The new flavoured coffee costs about 20 yuan (US$2.80) a cup and is called Jiangxi Spicy Latte. It is well known that people from the region eat the spiciest food in China.

A survey found that the majority of customers liked the new drink, but had some reservations about its possible after-effects. Photo: Weibo

“I don’t think it is very spicy. On the contrary, it tastes fine,” one employee said, adding: “This coffee is not as weird as people might think.”

He said they asked for customer feedback on the new addition to the cafe’s coffee menu and almost all gave positive comments.

“The new pepper latte is not bad. It tastes slightly spicy and a little sweet,” said one person on the consumer products review app, Dianping.

Mainland social media sizzled with news of the hot new coffee flavour.

“I am stunned. It is absurdly abnormal,” one person commented on Douyin.

“I guess there might be back-end issues after consuming the spicy stuff,” another person quipped.

“It is creative. But I dare not try it because I fear it might upset my stomach,” said another.

Innovative combinations of coffee flavours have emerged across China in recent years.
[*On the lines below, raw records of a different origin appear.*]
//! What dies may do at a word.

use crate::choice::Act;
use crate::other_work::OtherWork;
use arrayvec::ArrayVec;
use micro_word::Word;
use onfi_cycle::{LunState, Status};

/// The most things that dies may do at a word.
pub(crate) const MOST_OPTIONS: usize = 64;

/// What dies may do at a word, what they mostly do first.
pub(crate) type Options = ArrayVec<Act, MOST_OPTIONS>;

// How many masks are looked at.
const MOST_MASKS: usize = 8;

/// The masks of the branches of a text.
pub(crate) type Masks = ArrayVec<u8, MOST_MASKS>;

/// The masks of the branches of some words.
pub(crate) fn masks_of(words: &[Word]) -> Masks {
    let mut masks = Masks::new();
    for word in words {
        add_mask(&mut masks, *word);
    }
    masks
}

// The mask of a branch, if it is a new one.
fn add_mask(masks: &mut Masks, word: Word) {
    if let Word::BranchOnStatus { mask, .. } = word {
        if masks.len() < MOST_MASKS && !masks.iter().any(|other| *other == mask) {
            masks.push(mask);
        }
    }
}

// One thing more, if it is a new one.
fn add(options: &mut Options, act: Act) {
    if options.len() < MOST_OPTIONS && !options.iter().any(|other| *other == act) {
        options.push(act);
    }
}

// A poll that brings this status, after a ready or without.
fn come(ready: Option<bool>, status: u8) -> Act {
    Act::Come { ready, status }
}

// The status of a LUN as it is.
fn status_of(look: &LunState, has_failed: bool) -> u8 {
    let Status(bits) = if look.busy {
        Status::BUSY
    } else if look.array_busy {
        Status::ARRAY_BUSY
    } else if has_failed {
        Status::FAILED
    } else {
        Status::READY
    };
    bits
}

// How many masks are set and cleared together.
const MOST_TOGETHER: usize = 5;

// A status with the bits of some masks, and without those of the others: of mask number k where bit k of the choice is set.
fn chosen(status: u8, masks: &Masks, choice: u8) -> u8 {
    let mut status = status;
    let mut left = choice;
    for mask in masks.iter().take(MOST_TOGETHER) {
        status = if left & 1 == 1 {
            status | *mask
        } else {
            status & !*mask
        };
        left /= 2;
    }
    status
}

// Other bytes that a poll may bring: with the bits of each mask and without them, and then of several masks together. A `wait` that ends says ready.
fn add_masked(options: &mut Options, masks: &Masks, act: Act, is_wait: bool) {
    let Act::Come { ready, status } = act else {
        return;
    };
    let kept = if is_wait { status & 0x40 } else { 0 };
    for mask in masks.iter() {
        add(options, come(ready, status | *mask));
        add(options, come(ready, (status & !*mask) | kept));
    }
    if masks.len() > 1 {
        for choice in 0..1u8 << MOST_TOGETHER {
            add(options, come(ready, chosen(status, masks, choice) | kept));
        }
    }
}

// What may be at a `wait`.
fn add_waits(options: &mut Options, masks: &Masks, look: &LunState, has_failed: bool) {
    if look.busy {
        add(options, come(Some(false), Status::READY.0));
        add(options, come(Some(true), Status::FAILED.0));
        add_masked(options, masks, come(Some(false), Status::READY.0), true);
    } else {
        let status = status_of(look, has_failed);
        add(options, come(None, status));
        add_masked(options, masks, come(None, status), true);
    }
}

// What may be at a `stat`.
fn add_polls(options: &mut Options, masks: &Masks, look: &LunState, has_failed: bool) {
    let status = status_of(look, has_failed);
    add(options, come(None, status));
    if look.busy {
        add(options, come(Some(false), Status::READY.0));
        add(options, come(Some(true), Status::FAILED.0));
    }
    add_masked(options, masks, come(None, status), false);
}

/// What the LUN of a program may do at a word.
pub(crate) fn options_at(word: Word, masks: &Masks, look: &LunState, has_failed: bool) -> Options {
    let mut options = Options::new();
    match word {
        Word::Wait => add_waits(&mut options, masks, look, has_failed),
        Word::ReadStatus => add_polls(&mut options, masks, look, has_failed),
        _ => add(&mut options, come(None, 0)),
    }
    options
}

/// What besides may be on a target of several LUNs: the poll of a `wait` that says busy, and others, where the bus is free.
pub(crate) fn add_others(options: &mut Options, word: Word, look: &LunState, is_free: bool) {
    if is_free {
        for work in OtherWork::ALL {
            add(options, Act::Other(work));
        }
    }
    if matches!(word, Word::Wait) && look.busy {
        add(options, come(None, Status::BUSY.0));
    }
}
In September 2023, customers queued for hours to buy a new coffee drink infused with the Chinese liquor, Moutai.

Coffee with a kick: in late 2023, Luckin Coffee and Kweichow Moutai collaborated to produce an alcohol-infused latte. Photo: Shutterstock

Last year, a cafe in eastern Zhejiang province mixed crushed preserved egg with latte, and many other shops soon followed suit.

In 2021, a coffee outlet in the northern province of Shanxi, added vinegar to its Americanos. The region is famous for its vinegar products, and the people who live there like to dip their food in the condiment.